What is clear from the research, Daley said, is that as depressed girls make the transition from adolescence to adulthood, it is in their best interest to maintain close female friendships, because that is where they stand the best chance of receiving emotional support and comfort.

“Depressed women should also be aware of the kinds of partners they are choosing,” Daley said. “They may be choosing the very partner who won’t be there for them.”

In another study on the topic, psychologists examined the relationships of 55 depressed, college-age women who were rated as holding extremely high expectations of their loved ones (under the label “other-oriented relationship perfectionism”).

In their report, published in the March issue of the Journal of Social and Clinical Psychology, Scott B. McCabe, an associate professor of psychology at the University of Waterloo in Ontario, Canada, and Robyn E. Wiebe, a University of Waterloo graduate student found that depressed women often have such extreme expectations of how people should treat them that they became hostile, angry, frustrated and irritable when loved ones fall short, no matter how sympathetically they are treated.

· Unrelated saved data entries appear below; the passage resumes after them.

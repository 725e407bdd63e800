// The value in a record's value field. `start` is the place of a field's first byte in the header.
ghost use Rattle.std.specs.Prelude.{◌≡◌, ◌+◌, ◌≤◌, ◌<◌, ◌^◌, length};
ghost use Rattle.card.specs.Value.{signed, digits_value, integer_value, as_value, string_value, value_from};
ghost use Rattle.card.specs.Value.{field_value, field_wide};

use super::{Value, text};

// So many digits fit an `i64`. The 19 of TNULLn fit a `usize`, but not always an `i64`.
const MOST_DIGITS: usize = 18;

const MOST_WIDE_DIGITS: usize = 19;

fn signed(n: usize, minus: bool) -> i128
    ensures { result ≡ signed minus n }
{
    let number = n as i128;
    if minus { -number } else { number }
}

fn digits_value(s: &[u8], most: usize, minus: bool) -> Option<i128>
    requires { most ≤ 19 }
    ensures { result ≡ digits_value most minus s.now }
{
    let n = ascii::leading_digits(s);
    if n > most {
        return None;
    }
    let (digits, rest) = s.split_at(n);
    if !text::may_follow(rest) {
        return None;
    }
    let number = ascii::digits::parse_number(digits)?;
    Some(signed(number, minus))
}

#[tactic(auto, unfolding(crate::specs::Value::integer_value))]
fn integer_value(s: &[u8], most: usize) -> Option<i128>
    requires { most ≤ 19 }
    ensures { result ≡ integer_value most s.now }
{
    let (first, rest) = s.split_first()?;
    match *first {
        b'-' => digits_value(rest, most, true),
        b'+' => digits_value(rest, most, false),
        _ => digits_value(s, most, false),
    }
}

// An integer as a value.
fn as_value(s: &[u8]) -> Option<Value>
    ensures { result ≡ as_value (integer_value 18 s.now) }
{
    let number = integer_value(s, MOST_DIGITS)?;
    Some(Value::Integer(number as i64))
}

fn string_value(s: &[u8], start: usize) -> Option<Value>
    ensures { result ≡ string_value start s.now }
{
    let n = text::closing_quote(s)?;
    if !text::may_follow(&s[n + 1..]) {
        return None;
    }
    let len = ascii::trimmed_len(&s[..n]);
    Some(Value::String { start, len })
}

#[tactic(auto, unfolding(crate::specs::Value::value_from))]
fn value_from(s: &[u8], start: usize) -> Option<Value>
    requires { start + length s.now < 2 ^ 64 }
    ensures { result ≡ value_from start s.now }
{
    let (first, rest) = s.split_first()?;
    match *first {
        b'\'' => string_value(rest, start + 1),
        _ => as_value(s),
    }
}

#[tactic(auto, using(ascii::proofs::Front::front_le, ascii::proofs::Parts::part_from), unfolding(crate::specs::Value::field_value))]
pub fn field_value(f: &[u8], start: usize) -> Option<Value>
    requires { start + length f.now < 2 ^ 64 }
    ensures { result ≡ field_value start f.now }
{
    let n = ascii::leading_spaces(f);
    value_from(&f[n..], start + n)
}

// An integer of 19 digits at most in a value field.
#[tactic(auto, using(ascii::proofs::Front::front_le, ascii::proofs::Parts::part_from))]
pub fn field_wide(f: &[u8]) -> Option<i128>
    ensures { result ≡ field_wide f.now }
{
    integer_value(&f[ascii::leading_spaces(f)..], MOST_WIDE_DIGITS)
}
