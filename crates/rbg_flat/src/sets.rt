//! Sets of vertices for each position: what was met, and what of it is still to be looked at.
ghost use Rattle.std.specs.Prelude.{◌≡◌, ◌≢◌, ℕ, ◌<◌, ◌≤◌, ◌+◌, ◌/◌, ◌%◌, ◌*◌, ◌^◌, ◌⊎◌, length, slice_index, bit_or, IfOk, IfSome, IfNone, IsTrue};
ghost use Rattle.std.specs.Int.{bit_at};
ghost use Rattle.rbg_flat.specs.internal.Sets.{MeetsWord, IsInWord, ClosesWord, IsMarked, IsOpen, IsLastOf};
ghost use Rattle.rbg_flat.specs.internal.Places.{ForgetsPlace};

use crate::table::BitTable;
use crate::words::{RowWord, lowest, shared};
use rbg_base::{Memory, Position, Vertex};
use std::alloc::Global;
use std::marker::Model;

/// A row of vertices for each position, a bit for each, 64 in a word.
#[derive(Drop)]
pub(crate) struct Sets {
    size: usize,
    /// How many words a row has: 2 to the power of `shift`, so that a place is split into its position and its column
    /// without a division.
    columns: usize,
    shift: u32,
    /// What was met.
    marks: BitTable,
    /// What of it is still to be looked at.
    pending: BitTable,
    ghost doubled: { columns ≡ 2 ^ shift },
    ghost few: { shift ≤ 6 },
}

impl Model for Sets {
    ghost use Rattle.rbg_flat.specs.internal.Sets.{SetsOfVertices};

    ghost Value = { SetsOfVertices };

    ghost view = { λ s. record {
      size = s.size;
      columns = s.columns;
      marks = s.marks.words;
      pending = s.pending.words;
      waiting = s.pending.listed;
      touched = s.marks.listed;
    } };

    ghost use Rattle.rbg_flat.specs.internal.Sets.{sets_of};
    ghost use Rattle.rbg_flat.specs.internal.Places.{AreSetsByPlace};

    ghost invariant = { λ s. AreSetsByPlace
        (sets_of s.size s.columns s.marks.words s.pending.words s.pending.listed s.marks.listed) };
}

impl Sets {
    /// Nothing was met yet, for the positions below a size and rows of 2 to the power of `shift` words.
    pub(crate) fn new(alloc: Global, size: usize, shift: u32) -> Result<Sets, Memory>
        requires size { size < 2 ^ 32 }
        requires few { shift ≤ 6 }
        ensures size { IfOk result (λ sets. sets.size ≡ size) }
        ensures columns { IfOk result (λ sets. sets.columns ≡ 2 ^ shift) }
    {
        let columns = 1 << shift;
        Ok(Sets {
            size,
            columns,
            shift,
            marks: BitTable::new(alloc, size * columns)?,
            pending: BitTable::new(alloc, size * columns)?,
        })
    }

    /// Forgets what was met.
    pub(crate) fn clear(&mut self)
        ensures size { self.new.size ≡ self.old.size }
        ensures columns { self.new.columns ≡ self.old.columns }
        ensures none { (v p : ℕ) → ¬ IsMarked self.new v p }
        ensures closed { (v p : ℕ) → ¬ IsOpen self.new v p }
    {
        self.pending.clear();
        self.marks.clear();
    }

    /// Nothing is to be looked at any more. What was met stays.
    pub(crate) fn close_all(&mut self)
        ensures size { self.new.size ≡ self.old.size }
        ensures columns { self.new.columns ≡ self.old.columns }
        ensures marks { self.new.marks ≡ self.old.marks }
        ensures closed { (v p : ℕ) → ¬ IsOpen self.new v p }
    {
        self.pending.clear();
    }

    /// Forgets what was met at the place that was touched last. It is asked once nothing is open any more.
    #[inline(always)]
    pub(crate) fn forget(&mut self, place: usize)
        requires place { place < length self.old.marks }
        requires last { IsLastOf self.old.touched place }
        requires closed { (v p : ℕ) → ¬ IsOpen self.old v p }
        ensures size { self.new.size ≡ self.old.size }
        ensures columns { self.new.columns ≡ self.old.columns }
        ensures pending { self.new.pending ≡ self.old.pending }
        ensures forgets { ForgetsPlace self.old self.new place }
        ensures fewer { length self.new.touched < length self.old.touched }
    {
        self.marks.clear_last(place);
    }

    /// How many words a row has.
    pub(crate) fn columns(&self) -> usize
        ensures is { result ≡ self.now.columns }
        ensures few { result ≤ 64 }
    {
        self.columns
    }

    /// The position of a place.
    #[inline(always)]
    pub(crate) fn position_at(&self, place: usize) -> Position
        requires place { place < length self.now.marks }
        requires small { self.now.size ≤ 2 ^ 32 }
        ensures is { result ≡ place / self.now.columns }
        ensures below { result < self.now.size }
    {
        (place >> self.shift) as Position
    }

    /// The column of a place.
    #[inline(always)]
    pub(crate) fn column_at(&self, place: usize) -> usize
        requires place { place < length self.now.marks }
        ensures is { result ≡ place % self.now.columns }
        ensures below { result < self.now.columns }
    {
        place & (self.columns - 1)
    }

    /// What was met in the word at a place.
    #[inline(always)]
    pub(crate) fn met_at(&self, place: usize) -> u64
        requires place { place < length self.now.marks }
        ensures is { result ≡ slice_index self.now.marks place }
        ensures column { place % self.now.columns < self.now.columns }
    {
        self.marks.word(place)
    }

    /// The place that was touched last; none where nothing is met.
    #[inline(always)]
    pub(crate) fn last_touched(&self) -> Option<usize>
        ensures below { IfSome result (λ p. p < length self.now.marks) }
        ensures last { IfSome result (λ p. IsLastOf self.now.touched p) }
        ensures none { IfNone result ((v p : ℕ) → ¬ IsMarked self.now v p) }
    {
        self.marks.last()
    }

    /// Where a word of the row of a position is.
    #[inline(always)]
    pub(crate) fn place(&self, position: Position, column: usize) -> usize
        requires position { position < self.now.size }
        requires column { column < self.now.columns }
        ensures place { result ≡ position * self.now.columns + column }
        ensures marks { result < length self.now.marks }
        ensures pending { result < length self.now.pending }
    {
        ((position as usize) << self.shift) + column
    }

    /// Where the row of a position is, where each row has one word.
    #[inline(always)]
    pub(crate) fn narrow_place(&self, position: Position) -> usize
        requires position { position < self.now.size }
        requires one { self.now.columns ≡ 1 }
        ensures place { result ≡ position * self.now.columns + 0 }
        ensures marks { result < length self.now.marks }
    {
        // there are as many words as positions
        let _columns = self.columns;
        position as usize
    }

    /// Whether all bits of a word of the row of a position, which is at a place, were met before.
    #[inline(always)]
    pub(crate) fn knows(&self, place: usize, position: Position, column: usize, word: u64) -> bool
        requires place { place < length self.now.marks }
        requires at { place ≡ position * self.now.columns + column }
        requires column { column < self.now.columns }
        ensures { IsTrue result → (v p : ℕ) → IsInWord position column word v p
            → IsMarked self.now v p }
    {
        new_of(word, self.marks.word(place)) == 0
    }

    /// Meets the bits of a word of the row of a position, which is at a place. What is new of them is to be looked at
    /// where `opens` has a bit too.
    #[inline(always)]
    pub(crate) fn meet_word(&mut self, place: usize, word: RowWord, opens: u64)
        requires place { place < length self.old.marks }
        requires at { place ≡ word.position * self.old.columns + word.column }
        requires column { word.column < self.old.columns }
        ensures { MeetsWord self.old self.new word.position word.column word.bits opens }
    {
        let new = new_of(word.bits, self.marks.word(place));
        if new == 0 {
            return;
        }
        self.marks.add(place, new);
        let open = shared(new, opens);
        if open != 0 {
            self.pending.add(place, open);
        }
    }

    /// These bits of the word at the latest waiting place are no longer open.
    #[inline(always)]
    pub(crate) fn close_word(&mut self, place: usize, position: Position, column: usize, word: u64)
        requires place { place < length self.old.marks }
        requires last { IsLastOf self.old.waiting place }
        requires at { place ≡ position * self.old.columns + column }
        requires column { column < self.old.columns }
        ensures { ClosesWord self.old self.new position column word }
    {
        self.pending.take_bits(place, word);
    }

    /// What is open in the word of the row of a position, which is at a place.
    #[inline(always)]
    pub(crate) fn open_at(&self, place: usize, position: Position, column: usize) -> u64
        requires place { place < length self.now.marks }
        requires at { place ≡ position * self.now.columns + column }
        requires column { column < self.now.columns }
        ensures is { result ≡ slice_index self.now.pending place }
        ensures open { (b : ℕ) → bit_at result b ≡ 1 → IsOpen self.now (column * 64 + b) position }
        ensures there { (b : ℕ) → bit_at result b ≡ 1
            → (b < 64) × IsMarked self.now (column * 64 + b) position }
    {
        self.pending.word(place)
    }

    /// The first vertex that is open at a place.
    #[inline(always)]
    pub(crate) fn first_open(&self, place: usize) -> Vertex
        requires place { place < length self.now.marks }
        requires some { slice_index self.now.pending place ≢ 0 }
        requires narrow { self.now.columns < 2 ^ 16 }
        ensures open { IsOpen self.now result (place / self.now.columns) }
        ensures marked { IsMarked self.now result (place / self.now.columns) }
        ensures column { result / 64 ≡ place % self.now.columns }
        ensures at { place ≡ place / self.now.columns * self.now.columns + result / 64 }
    {
        self.column_at(place) as Vertex * 64 + lowest(self.pending.word(place))
    }

    /// The latest place at which something is open.
    #[inline(always)]
    pub(crate) fn waiting(&self) -> Option<usize>
        ensures below { IfSome result (λ p. p < length self.now.marks) }
        ensures last { IfSome result (λ p. IsLastOf self.now.waiting p) }
        ensures some { IfSome result (λ p. slice_index self.now.pending p ≢ 0) }
        ensures none { IfNone result ((v p : ℕ) → ¬ IsOpen self.now v p) }
    {
        self.pending.last()
    }
}

/// The bits of a word that aren't known yet.
#[inline(always)]
fn new_of(word: u64, known: u64) -> u64
    ensures only { (b : ℕ) → bit_at result b ≡ 1 → bit_at word b ≡ 1 }
    ensures fresh { (b : ℕ) → bit_at result b ≡ 1 → bit_at known b ≡ 0 }
    ensures all { (b : ℕ) → b < 64 → bit_at word b ≡ 1
        → (bit_at known b ≡ 1) ⊎ (bit_at result b ≡ 1) }
    ensures sum { bit_or known result ≡ known + result }
    ensures fits { known + result < 2 ^ 64 }
{
    word & !known
}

“Relationship perfectionism in depressed women is linked to hostility and irritability in interpersonal relationships,” said McCabe, who said the study was the first to explore the effects of perfectionism in interpersonal relationships. The study was an outgrowth of McCabe’s clinical work in psychiatric hospitals, where he noticed some depressed female inpatients would return from weekends home enraged, disappointed and hostile.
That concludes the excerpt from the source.